I realize that some of the issues that I mentioned here can be fixed. However, the point I'm trying to make is that the abstraction that we're starting with is pushing us towards working with Neo4j in sub-optimal ways. It brings relational database usage patterns into a graph world. We can try and adjust it into this new world but ultimately, it wasn't designed with that in mind and will probably always feel a little bit awkward. It will always push our thinking into rows-oriented view first, which then (maybe) will be adjusted into a graph view. It creates an illusion that we're working with something familiar - but IMO we're not.
It might be especially dangerous when you try this approach with a team of people who are very familiar and comfortable with the database world, but don't take the time to understand the difference that Neo4j brings. You'll see queries like "MATCH (foo:Foo), (bar:Bar) WHERE foo.id = bar.id" - and they'll wonder why things are so slow. But it's hard to blame them - if it looks like a database, if it works with Spring JdbcTemplate, shouldn't it behave the same?
Abstractions are nice when we're abstracting from an apple and an orange to a fruit (which is why SQL and JDBC were so successful), but what do you abstract to from an apple and a bunny?

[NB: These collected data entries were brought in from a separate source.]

ghost use Rattle.std.specs.Prelude.{◌<◌};

/// Where the last gate of a journal is: its offset from the front of the file, within the most bytes that one has.
#[derive(Clone, Copy, Debug)]
pub struct LastGate {
    pub offset: u64,
    ghost within: { offset < 67108864 },
}
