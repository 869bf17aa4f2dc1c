ghost use Rattle.std.specs.Prelude.{◌≡◌, IfOk, false, true};
ghost use Rattle.acl_model.specs.Acceptance.{IsAccepted};
ghost use Rattle.acl_model.specs.Effects.{after};
ghost use Rattle.acl_model.specs.State.{State};

use acl_stmt::Entry;
use std::alloc::{AllocError, Global};

/// What the entries of a journal are carried out on when it is opened, one after the other.
pub trait Replay {
    /// What stands after the entries that were carried out.
    ghost state: { Self → State };

    /// Carries out an entry if it is accepted, and answers whether it is.
    fn replay(&mut self, alloc: Global, entry: &Entry) -> Result<bool, AllocError>
        ensures accepted { IfOk result (λ is_accepted. is_accepted ≡ true → IsAccepted (state self.old) entry.now) }
        ensures refused { IfOk result (λ is_accepted. is_accepted ≡ false → IsAccepted (state self.old) entry.now → ⊥) }
        ensures after { IfOk result (λ is_accepted. is_accepted ≡ true
            → state self.new ≡ after entry.now (state self.old)) };
}
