/// Reads the first segment of a `<nested-name>`. Returns `true` if the segment isn't saved yet and becomes a component
/// when another segment follows. Returns `false` for `St` and a `<substitution>`, which never become a new component.
#[tactic(auto, using(itanium_reader::proofs::Rules::first_segments))]
#[cycle(reader)]
#[inline(always)]
pub(crate) fn read_first_segment(
    reader: &mut Reader,
    depth: usize,
    context: Context,
) -> Result<bool, Stop>
    requires count_fits { CountFits 2 (state reader.old) }
    ensures reads { GivesCandidate result reader.new (spec.first_as (first_segment_case reader.old.rest.now)
        (spec.unqualified_name depth context) context (state reader.old)) }
    ensures candidate { IfOk result (λ candidate. candidate
        ≡ first_segment_is_candidate (first_segment_case reader.old.rest.now)) }
    ensures run { OnOk result (IsRun reader.old.buffer.value reader.new.buffer.value) }
    ensures last { OnOk result (IsLast reader.new.buffer.value reader.new.found) }
    ensures bounds { TakesSome 0 result (state reader.old) (state reader.new) }
    ensures saved { SavedBounds 1 result (state reader.old) (state reader.new) }
{
    if begins_source(reader.rest) {
        tri!(reader.read_source_name());
        tri!(reader.read_tags());
        return Ok(true);
    }
    match first_segment_case(reader.rest) {
        FirstSegmentCase::TemplateParamFirst => {
            tri!(reader.read_template_param(context));
            tri!(reader.copy_found_to_end());
            Ok(true)
        }
        FirstSegmentCase::StdFirst => {
            tri!(reader.read_std());
            Ok(false)
        }
        FirstSegmentCase::SubstitutionFirst => {
            tri!(reader.read_substitution());
            tri!(reader.copy_found_to_end());
            Ok(false)
        }
        FirstSegmentCase::NameFirst => {
            tri!(read_unqualified_name(reader, depth, context));
            Ok(true)
        }
    }
}

/// Reads `<nested-name> ::= N [<CV-qualifiers>] [<ref-qualifier>] <prefix> E | N H <prefix> E`, after its `N`. Here
/// `<prefix>` has all segments. Names inside them overwrite `reader.quals`, so this name's own qualifiers are stored
/// there after the segments are read.
#[tactic(auto, using(itanium_reader::proofs::Rules::nested_names))]
#[cycle(reader)]
#[inline(always)]
pub(crate) fn read_nested_name(reader: &mut Reader, depth: usize, context: Context) -> ReadResult
    requires count_fits { CountFits 2 (state reader.old) }
    ensures reads { GivesBareName result reader.new (spec.parse_nested
        (spec.unqualified_name depth context) (spec.parse_args depth context true) context (state reader.old)) }
    ensures run { OnOk result (IsRun reader.old.buffer.value reader.new.buffer.value) }
    ensures bounds { TakesSome 1 result (state reader.old) (state reader.new) }
    ensures saved { SavedBounds 1 result (state reader.old) (state reader.new) }
{
    match name_quals(reader.rest) {
        // Most names have no qualifiers. This arm keeps none on the stack while the prefix is read.
        None => {
            tri!(read_segments(reader, depth, context));
            reader.quals = None;
        }
        Some((quals, rest)) => {
            reader.rest = rest;
            tri!(read_segments(reader, depth, context));
            reader.quals = Some(quals);
        }
    }
    Ok(())
}

/// Reads all segments of a `<nested-name>`, and its `E`. Before each further segment, what was read so far is saved as
/// a component, unless it is a single `St` or `<substitution>`. `candidate` says whether it is to be saved then. The
/// whole isn't saved: in the ABI the last segment is outside of the `<prefix>`. The grammar says the same in another
/// way: it saves after each segment, and removes the last component at the `E`. In `N1A1B1CE` both save `A` and
/// `A::B`, and the grammar also saves `A::B::C` and removes it again. Most segments are `<source-name>`s, so the loop
/// tests that case first.
#[tactic(auto, using(itanium_reader::proofs::Rules::segments))]
#[cycle(reader)]
#[inline(always)]
pub(crate) fn read_segments(reader: &mut Reader, depth: usize, context: Context) -> ReadResult
    requires count_fits { CountFits 2 (state reader.old) }
    ensures reads { Gives result reader.new (spec.parse_all_segments
        (spec.unqualified_name depth context) (spec.parse_args depth context true) context (state reader.old)) }
    ensures run { OnOk result (IsRun reader.old.buffer.value reader.new.buffer.value) }
    ensures bounds { TakesSome 1 result (state reader.old) (state reader.new) }
    ensures saved { SavedBounds 1 result (state reader.old) (state reader.new) }
{
    // Whether `found` isn't in the table yet, and is saved if another segment follows.
    let mut candidate = tri!(read_first_segment(reader, depth, context));
    loop {
        if begins_source(reader.rest) {
            tri!(reader.read_source_segment(candidate));
            tri!(reader.check_width());
            candidate = true;
            continue;
        }
        reader.skip_initializer();
        match segment_case(reader.rest) {
            SegmentCase::EndOfSegments => {
                reader.end_nested_name(candidate);
                return Ok(());
            }
            SegmentCase::ArgsSegment => {
                tri!(reader.save_if(candidate));
                tri!(read_template_args(reader, depth, context, true));
            }
            SegmentCase::NameSegment => {
                tri!(reader.save_if(candidate));
                tri!(read_segment(reader, depth, context));
            }
        }
        tri!(reader.check_width());
        candidate = true;
    }
}

/// Reads `<unscoped-name> ::= [St] <unqualified-name>`, or an `<unscoped-template-name>` with its `<template-args>`.
/// An `I` after the name selects the second. A `<substitution>` must have `<template-args>` after it; otherwise the
/// function returns `Stop::Unreadable`.
#[tactic(auto, using(itanium_reader::proofs::Rules::segments))]
#[cycle(reader)]
pub(crate) fn read_unscoped_name(reader: &mut Reader, depth: usize, context: Context) -> ReadResult
    requires count_fits { CountFits 0 (state reader.old) }
    ensures reads { Gives result reader.new (spec.unscoped_as (unscoped_case reader.old.rest.now)
        (spec.unqualified_name depth context) (spec.parse_args depth context true) (state reader.old)) }
    ensures run { OnOk result (IsRun reader.old.buffer.value reader.new.buffer.value) }
    ensures bounds { TakesSome 0 result (state reader.old) (state reader.new) }
    ensures saved { SavedBounds 1 result (state reader.old) (state reader.new) }
{
    let read = match unscoped_case(reader.rest) {
        UnscopedCase::StdName => {
            tri!(reader.read_std());
            read_segment(reader, depth, context)
        }
        UnscopedCase::SubstitutionName => {
            tri!(reader.read_substitution());
            return match attached_case(reader.rest) {
                AttachedCase::NoneAttached => Err(Stop::Unreadable),
                AttachedCase::ArgsAttached => read_template_args(reader, depth, context, true),
            };
        }
        UnscopedCase::PlainName => read_unqualified_name(reader, depth, context),
    };
    tri!(read);
    match attached_case(reader.rest) {
        AttachedCase::NoneAttached => Ok(()),
        AttachedCase::ArgsAttached => {
            tri!(reader.save_found());
            read_template_args(reader, depth, context, true)
        }
    }
}

/// Reads `<name> ::= <nested-name> | <local-name> | <unscoped-name> | <unscoped-template-name> <template-args>`. At
/// most `depth` counted productions may nest, this one included.
///
/// If `bare` is true, the name's own qualifiers are left in `reader.quals` for the caller. Otherwise they are printed
/// after the name: a reference always, a word such as ` const` only if `context.words_shown` is set or the name is
/// local.
#[tactic(auto, using(crate::proofs::OwnQualifiers::names))]
#[cycle(reader)]
#[inline(always)]
pub fn read_name(reader: &mut Reader, depth: usize, context: Context, bare: bool) -> ReadResult
    requires count_fits { CountFits 1 (state reader.old) }
    ensures reads { GivesName bare result reader.new depth context (state reader.old) }
    ensures fits { OnOk result (spec.is_too_wide (shape reader.new.buffer.value reader.new.found) ≡ false) }
    ensures run { OnOk result (IsRun reader.old.buffer.value reader.new.buffer.value) }
    ensures refused { depth ≡ 0 → reader.new.entered ≡ reader.old.entered }
    ensures bounds { TakesSome 1 result (state reader.old) (state reader.new) }
    ensures saved { SavedBounds 1 result (state reader.old) (state reader.new) }
{
    let depth = tri!(reader.enter(depth));
    let shown = match name_case(reader.rest) {
        NameCase::NestedName => {
            reader.skip(1);
            tri!(read_nested_name(reader, depth, context));
            context.words_shown
        }
        NameCase::LocalName => {
            reader.skip(1);
            tri!(read_local_name(reader, depth, context));
            true
        }
        NameCase::UnscopedName => {
            tri!(read_unscoped_name(reader, depth, context));
            reader.quals = None;
            context.words_shown
        }
    };
    tri!(reader.check_width());
    if bare {
        return Ok(());
    }
    if let Some(quals) = reader.quals {
        tri!(reader.print_quals(quals, shown));
        tri!(reader.check_width());
    }
    Ok(())
}
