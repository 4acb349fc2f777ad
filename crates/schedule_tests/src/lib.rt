//! Tests of calendars over desks: what scripts show, as the command `calendar` is to write it.
#![tactic(auto)]

#[cfg(test)]
mod runs;
#[cfg(test)]
mod scripts;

So for now, I decided to go with bare Neo4j. I've started creating a mini-abstraction over embedded querying vs REST API. It is very graph-specific - but I'm fine with that. That's the level of abstraction that I find useful. Neo4j native APIs are actually quite pleasant to work with, so I find that using them directly instead of through an abstraction works much better for me. And contrary to what I expected, I'm much more productive now that I'm not fighting the tools to do what I want to do.